Les namekos de Quentin Declerck (Eclo)

© Anaïs Lesy

Après avoir travaillé dans une agence de pub puis pour la Ligue Braille, Quentin Declerck succombe à sa passion pour les problématiques alimentaires et se forme à l’agriculture urbaine à Gembloux et au Québec, où il teste notamment la production de micropousses dans une serre en plein centre-ville de Montréal. Une fois rentré à Bruxelles, il s’associe avec Hadrien Velge et Thibault Fastenakels, fondateurs des Champignons de Bruxelles, pour installer une ferme urbaine, Eclo, aux abattoirs d’Anderlecht.

Dans les splendides caves voûtées de Cureghem, c’est d’abord le shiitaké qui est cultivé, sur de la drêche de bière, dans un principe d’économie circulaire. Mais la gamme se diversifie rapidement, notamment avec le nameko (Pholiota microspora).

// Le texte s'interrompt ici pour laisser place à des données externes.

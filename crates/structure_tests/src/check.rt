//! Tests of the checks of collections. A check must accept a collection that calls have made, and must refuse it after a member's link is removed. A
//! list that is read from a file is used only after a check has accepted it.

ghost use Rattle.std.specs.Prelude.{◌≡◌, ◌<◌, ◌≤◌, length, IfSome};
ghost use Rattle.ic_link_ops.specs.Prelude.{index_of, IsNameable, table, HasRoom, wide};
ghost use Rattle.ic_link_ops.specs.DoublyEntries as doubly;
ghost use Rattle.ic_rbtree.specs.Prelude.{PlainRepresentsSome, root_of};

use crate::asserts::assert_true;
use ic_chain::LinkList;
use ic_check::{
    NamesItsNext, TellsLinks, TellsNeighbors, check, check_all, check_both, check_marking,
    check_tree, is_sorted,
};
use ic_link_ops::linked_list::LinkedListOps;
use ic_link_ops::{
    OneWord, PlainTable, Words, linked_list, rbtree, singly_linked_list, xor_linked_list,
};
use ic_linked_list::{DoublyLinked, LinkedList};
use ic_rbtree::{KeyAdapter, RBTree};
use ic_singly_linked_list::SinglyLinked;
use ic_test_support::answers::{object, placed};
use ic_test_support::notes::{Answer, Text};
use ic_test_support::tables::are_placed;
use ic_unsafe_ref::{Objects, Place, UnsafeRef};
use ic_xor_linked_list::XorLinkedList;
use std::alloc::Global;
use std::process::Abort;

// Returns the place with this index.
fn place(index: usize) -> Place
    requires { index < 4 }
    ensures { index_of result ≡ index }
{
    Place::new(index).unwrap()
}

// Notes how many members a check has found, or that it has refused the collection.
fn write_found(notes: &mut Text, found: Option<usize>) {
    let answer = match found {
        Some(count) => Answer::Number(count as u64),
        None => Answer::Nothing,
    };
    notes.add(answer, " ");
}

// Returns a list of the objects at the places 2, 1 and 0, in this order.
fn list_of_three<K: TellsNeighbors<PlainTable<W>>, W: Words>(
    links: &mut PlainTable<W>,
) -> LinkList<K, u64>
    requires covered { (table W.width W.unlinked links.old).extent.places ≡ 3 }
    ensures covers { (table W.width W.unlinked links.new).extent.places ≡ 3 }
{
    let mut list = LinkList::new();
    for index in 0..3 {
        let _ = list.push_front(links, UnsafeRef::new(place(index)));
    }
    list
}

// Notes the result of a check of a list of three members, and the result of a check after the second member is unlinked by force.
fn write_list<K: NamesItsNext<PlainTable<W>>, W: Words>(
    rt: &impl Abort,
    alloc: Global,
    notes: &mut Text,
) {
    let mut links = PlainTable::new(alloc);
    let _ = links.cover(3);
    assert!(rt; links.covers() == 3);
    let list: LinkList<K, u64> = list_of_three(&mut links);
    write_found(notes, check(&list, &links));
    links.force_unlink(place(1));
    notes.add(Answer::Truth(links.tells_linked(place(1))), " ");
    write_found(notes, check(&list, &links));
    notes.add(Answer::Number(links.covered_places() as u64), " ");
}

#[test]
fn a_doubly_linked_list_is_checked(rt: HostRuntime) {
    let alloc = rt.alloc();
    let mut notes = Text::new(alloc);
    write_list::<DoublyLinked, linked_list::TwoWords>(&rt, alloc, &mut notes);
    assert_true(&rt, notes.has_words("3 no none 3"));
}

#[test]
fn a_singly_linked_list_is_checked(rt: HostRuntime) {
    let alloc = rt.alloc();
    let mut notes = Text::new(alloc);
    write_list::<SinglyLinked, OneWord<singly_linked_list::Singly>>(&rt, alloc, &mut notes);
    assert_true(&rt, notes.has_words("3 no none 3"));
}

#[test]
fn a_whole_table_is_checked(rt: HostRuntime) {
    let alloc = rt.alloc();
    let mut notes = Text::new(alloc);
    let mut links = linked_list::LinkOps::new(alloc);
    let _ = links.cover(3);
    assert!(rt; links.covers() == 3);
    let list: LinkedList<u64> = list_of_three(&mut links);
    let mut marks = [true; 3];
    write_found(&mut notes, check_all(&[list], &links, &mut marks));
    let none: [LinkedList<u64>; 0] = [];
    write_found(&mut notes, check_all(&none, &links, &mut marks));
    assert_true(&rt, notes.has_words("3 none"));
}

// The check must refuse an XOR list of three members after the second one is unlinked by force, because the other entries still lead to it. A check marks
// places in the array `marks`. All items are true before the first check, to test that a check does not depend on them.
#[test]
fn an_xor_list_is_checked(rt: HostRuntime) {
    let alloc = rt.alloc();
    let mut notes = Text::new(alloc);
    let mut links = xor_linked_list::LinkOps::new(alloc);
    let _ = links.cover(3);
    assert!(rt; links.covers() == 3);
    let list: XorLinkedList<u64> = list_of_three(&mut links);
    let mut marks = [true; 3];
    write_found(&mut notes, check_marking(&list, &links, &mut marks));
    links.force_unlink(place(1));
    write_found(&mut notes, check_marking(&list, &links, &mut marks));
    assert_true(&rt, notes.has_words("3 none"));
}

// Says that a number is its own key.
#[derive(Clone, Copy, Default)]
struct OwnKey;

impl KeyAdapter for OwnKey {
    type Value = u64;

    type Key = u64;

    ghost key_of = { λ _ value. value };

    fn get_key<'v>(&self, value: &'v u64) -> &'v u64 {
        value
    }
}

// Returns a tree of the objects at the first three places, in the order of their places.
fn tree_of_three(links: &mut rbtree::LinkOps) -> RBTree<OwnKey>
    ensures shown { PlainRepresentsSome links.new (root_of result) }
{
    let mut tree = RBTree::new(OwnKey);
    for index in 0..3 {
        if index < links.covers() {
            let mut cursor = tree.cursor_mut(links);
            let _ = cursor.insert_before(UnsafeRef::new(place(index)));
        }
    }
    tree
}

#[test]
fn a_tree_is_checked(rt: HostRuntime) {
    let alloc = rt.alloc();
    let mut notes = Text::new(alloc);
    let mut links = rbtree::LinkOps::new(alloc);
    let _ = links.cover(3);
    let tree = tree_of_three(&mut links);
    assert!(rt; links.covers() == 3);
    write_found(&mut notes, check_tree(&tree, &links));
    links.force_unlink(place(1));
    write_found(&mut notes, check_tree(&tree, &links));
    assert_true(&rt, notes.has_words("3 none"));
}

// A list of the fourth place and a tree of the first three places share a table of tree links, and the check must accept both together. The check must
// refuse the tree alone, because the place of the list is linked in no collection. The check must refuse the tree given twice, because each of its
// places is then in two collections.
#[test]
fn a_table_of_a_list_and_a_tree_is_checked(rt: HostRuntime) {
    let alloc = rt.alloc();
    let mut notes = Text::new(alloc);
    let mut links = rbtree::LinkOps::new(alloc);
    let _ = links.cover(4);
    assert!(rt; links.covers() == 4);
    let mut list: LinkedList<u64> = LinkedList::new();
    let _ = list.push_front(&mut links, UnsafeRef::new(place(3)));
    let trees = [tree_of_three(&mut links)];
    assert!(rt; links.covers() == 4);
    let mut marks = [true; 4];
    write_found(&mut notes, check_both(&[list], &trees, &links, &mut marks));
    let none: [LinkedList<u64>; 0] = [];
    write_found(&mut notes, check_both(&none, &trees, &links, &mut marks));
    write_found(&mut notes, check_both(&trees, &trees, &links, &mut marks));
    assert_true(&rt, notes.has_words("4 none none"));
}

// Notes whether a check finds the keys of a tree of three objects in order. The objects have the given keys, in the order of their places.
fn write_sorted(rt: &impl Abort, alloc: Global, notes: &mut Text, keys: &[u64]) {
    let mut objects = Objects::new(alloc);
    for key in keys {
        let _ = placed(&mut objects, *key);
    }
    let mut links = rbtree::LinkOps::new(alloc);
    let _ = links.cover(3);
    let tree = tree_of_three(&mut links);
    assert!(rt; are_placed(&links, &objects));
    notes.add(Answer::Truth(is_sorted(&tree, &links, &objects)), " ");
}

#[test]
fn the_order_of_a_tree_is_checked(rt: HostRuntime) {
    let alloc = rt.alloc();
    let mut notes = Text::new(alloc);
    write_sorted(&rt, alloc, &mut notes, &[10, 20, 20]);
    write_sorted(&rt, alloc, &mut notes, &[10, 30, 20]);
    assert_true(&rt, notes.has_words("yes no"));
}

// Returns the place that a word of a file names: none for 0, or else the place whose index is one less than the word.
fn end_of(word: usize) -> Option<Place>
    ensures named { IsNameable (HasRoom wide) result }
{
    if word == 0 {
        return None;
    }
    let place = Place::new(word - 1)?;
    Some(place)
}

// Links each place between its two neighbors, which a file names in a pair of words.
fn read_links(links: &mut linked_list::LinkOps, words: &[(usize, usize)])
    requires covered { length words.now ≤ (doubly.plain_table links.old).extent.places }
{
    for index in 0..words.len() {
        if let Some(place) = Place::new(index) {
            let (prev, next) = words[index];
            let _ = links.link_between(place, end_of(prev), end_of(next));
        }
    }
}

// Returns the list with these ends, if the table represents a list with these ends.
fn list_from_file(
    links: &linked_list::LinkOps,
    first: Option<Place>,
    last: Option<Place>,
) -> Option<LinkedList<u64>>
    ensures { IfSome result (λ list. doubly.PlainRepresentsSome links.now list) }
{
    let list = LinkedList::from_ends(first, last);
    if check(&list, links).is_none() {
        return None;
    }
    Some(list)
}

// Notes the first member of a list of two members that is read from these words, or none if the check refuses the list.
fn write_from_file(rt: &impl Abort, alloc: Global, notes: &mut Text, words: &[(usize, usize)])
    requires { length words.now ≡ 2 }
{
    let mut links = linked_list::LinkOps::new(alloc);
    let _ = links.cover(2);
    assert!(rt; links.covers() == 2);
    read_links(&mut links, words);
    match list_from_file(&links, end_of(1), end_of(2)) {
        Some(mut list) => notes.add(object(list.pop_front(&mut links)), " "),
        None => notes.add(Answer::Nothing, " "),
    }
}

#[test]
fn a_list_from_a_file_is_checked(rt: HostRuntime) {
    let alloc = rt.alloc();
    let mut notes = Text::new(alloc);
    write_from_file(&rt, alloc, &mut notes, &[(0, 2), (1, 0)]);
    write_from_file(&rt, alloc, &mut notes, &[(0, 2), (2, 0)]);
    assert_true(&rt, notes.has_words("0 none"));
}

Facilement reconnaissable à son chapeau orange luisant, c’est un champignon très utilisé dans la cuisine asiatique, particulièrement au Japon. «Depuis le début, le nameko s’est toujours très bien vendu auprès des chefs, qui nous disent beaucoup apprécier son petit goût de miel quand on le cuit, explique Quentin Declerck, très occupé pour l’instant avec le lancement de l’usine de substrat bio pour champignons d’Eclo, à Liège. Mais le grand public reste encore frileux, sans doute à cause de son aspect un peu gluant. Ici, on a l’habitude de cuisiner les champignons à la française, avec de la crème, du fromage, ce qui ne fonctionne pas avec le nameko. Par contre, c’est un champignon qui se poêle très bien et qui se cuit en quelques minutes dans de l’eau bouillante. C’est parfait dans un bouillon, ou dans une soupe miso, à laquelle il va apporter de la profondeur et de la texture.»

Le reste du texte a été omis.